*** DATA PROVIDED ***
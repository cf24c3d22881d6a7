//! What converts a value to a variable that gets it.

use crate::expression::{TypedOperation, TypedReference};

/// A conversion of a value that is evaluated already (X3.74).
#[derive(Drop)]
pub enum Conversion {
    /// Operations, one after the other; none where the variable holds the value as it is.
    ByOperations(Vec<TypedOperation>),
    /// An offset becomes a pointer into this area.
    AsPointerIn(TypedReference),
    /// A pointer becomes an offset of this area.
    AsOffsetIn(TypedReference),
    /// Operations, one after the other, which give a string; it is then fitted to the description of the place that
    /// gets it.
    ToPlace(Vec<TypedOperation>),
}
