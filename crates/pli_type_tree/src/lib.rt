//! Typed trees: a unit with what each name means, and with the type of each part worked out.
#![tactic(auto)]

mod conversion;
mod expression;
mod iteration;
mod statement;
mod template;
mod unit;

pub use conversion::Conversion;
pub use expression::{
    Callee, Root, Stride, TypedArgument, TypedExpression, TypedOperation, TypedReference,
    TypedSubscript,
};
pub use iteration::{Iteration, TypedRange};
pub use statement::{AllocatedItem, BlockHead, Form, FreedItem, TypedStatement};
pub use template::{InitialScalar, Template, VariableGroup};
pub use unit::{GlobalGroup, Signature, TypedProcedure, TypedUnit};
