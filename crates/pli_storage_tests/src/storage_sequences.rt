//! Worked sequences of calls on storage.

use crate::words::run;
use std::test::*;
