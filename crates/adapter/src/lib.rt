//! The rule on an adapter's two counts (document 01, "Adapter file"). What an adapter holds, and
//! its other rules, stand in specs/: the code has the tables as lent bytes, in crate `tables`.
#![tactic(auto)]

ghost use Rattle.std.specs.Prelude.{◌≡◌};
ghost use Rattle.adapter.specs.Adapter.{counts_hold};

/// There are 1 to 32 phys and at most 64 rows.
#[tactic(auto, unfolding(crate::specs::Adapter::counts_hold))]
pub fn counts_hold(p: u8, a: u8) -> bool
    ensures { result ≡ counts_hold p a }
{
    1 <= p && p <= 32 && a <= 64
}
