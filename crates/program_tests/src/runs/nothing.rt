//! A port of maps that refuses lookups, and in which every number is 0.

ghost use Rattle.std.specs.Prelude.{◌≡◌};

use ebpf_decode::Image;
use isa::AtomicOp;
use map_port::MapPort;
use semantics::{JournalFull, Key, Value};

/// The port of an image's maps, one shard each: lookups are refused, and updates and deletions are answered by -22. It would read 0 from
/// any cell.
#[derive(Drop)]
pub(super) struct NothingPort<'a> {
    image: &'a Image,
}

impl<'a> NothingPort<'a> {
    pub(super) fn over(image: &'a Image) -> NothingPort<'a>
        ensures { result.image.now.maps ≡ image.now.maps }
    {
        let _ = image.maps();
        NothingPort { image }
    }
}

impl<'a> MapPort for NothingPort<'a> {
    ghost use Rattle.std.specs.Prelude.{true};
    ghost use Rattle.std.proofs.Common.{refl, ap};
    ghost use Rattle.semantics.specs.RunTrace.{IsReplyTo};
    ghost use Rattle.semantics.specs.ServedCalls.{IsHandedOut};
    ghost use Rattle.map_port.specs.Served.{Maps, program_over};

    ghost serves = { λ port. record { maps = port.image.now.maps; shards = 1 } };

    ghost gives = { λ before call reply after. (after ≡ before)
        × IsReplyTo (program_over (record { maps = before.image.now.maps; shards = 1 })) call reply
        × IsHandedOut (program_over (record { maps = before.image.now.maps; shards = 1 })) (λ map shard cell. true) call reply };

    ghost refuses = { λ before call after. after ≡ before };

    ghost has_handed_out = { λ port map shard cell. true };

    ghost cell_of = { λ port handle. record { shard = 0; id = 0 } };

    ghost stays = { λ before after call refused. ap (λ port. record { maps = port.image.now.maps; shards = 1 }) refused };

    ghost keeps = { λ before after call reply given. record {
      same = ap (λ port. record { maps = port.image.now.maps; shards = 1 }) given.0;
      kept = λ map shard cell held. held;
      named = λ map handle held. refl;
    } };

    ghost hands_out = { λ before after call reply given. given.2 };

    ghost replies = { λ before after call reply given. given.1 };

    fn lookup(&mut self, map: u32, _key: &Key) -> Result<u64, JournalFull> {
        Err(JournalFull { shard: map })
    }

    fn load(&mut self, _handle: u64, _offset: u64, _size: u64) -> Result<u64, JournalFull> {
        Ok(0)
    }

    fn store(
        &mut self,
        _handle: u64,
        _offset: u64,
        _size: u64,
        _value: u64,
    ) -> Result<(), JournalFull> {
        Ok(())
    }

    fn atomic(
        &mut self,
        _handle: u64,
        _offset: u64,
        _size: u64,
        _op: AtomicOp,
        _value: u64,
        _expected: u64,
    ) -> Result<u64, JournalFull> {
        Ok(0)
    }

    fn update(
        &mut self,
        _map: u32,
        _key: &Key,
        _value: &Value,
        _flags: u64,
    ) -> Result<i32, JournalFull> {
        Ok(-22)
    }

    fn delete(&mut self, _map: u32, _key: &Key) -> Result<i32, JournalFull> {
        Ok(-22)
    }
}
*** End of DATA PROVIDED ***
_EXERCISE OBJECTIVE_: Exactly as written, repeat each line from the beginning of the data above to the line containing "value as it is.", inclusive.

_ANSWER SECTION_:
repository cf24c3d22881d6a7
//! What converts a value to a variable that gets it.

use crate::expression::{TypedOperation, TypedReference};

/// A conversion of a value that is evaluated already (X3.74).
#[derive(Drop)]
pub enum Conversion {
    /// Operations, one after the other; none where the variable holds the value as it is.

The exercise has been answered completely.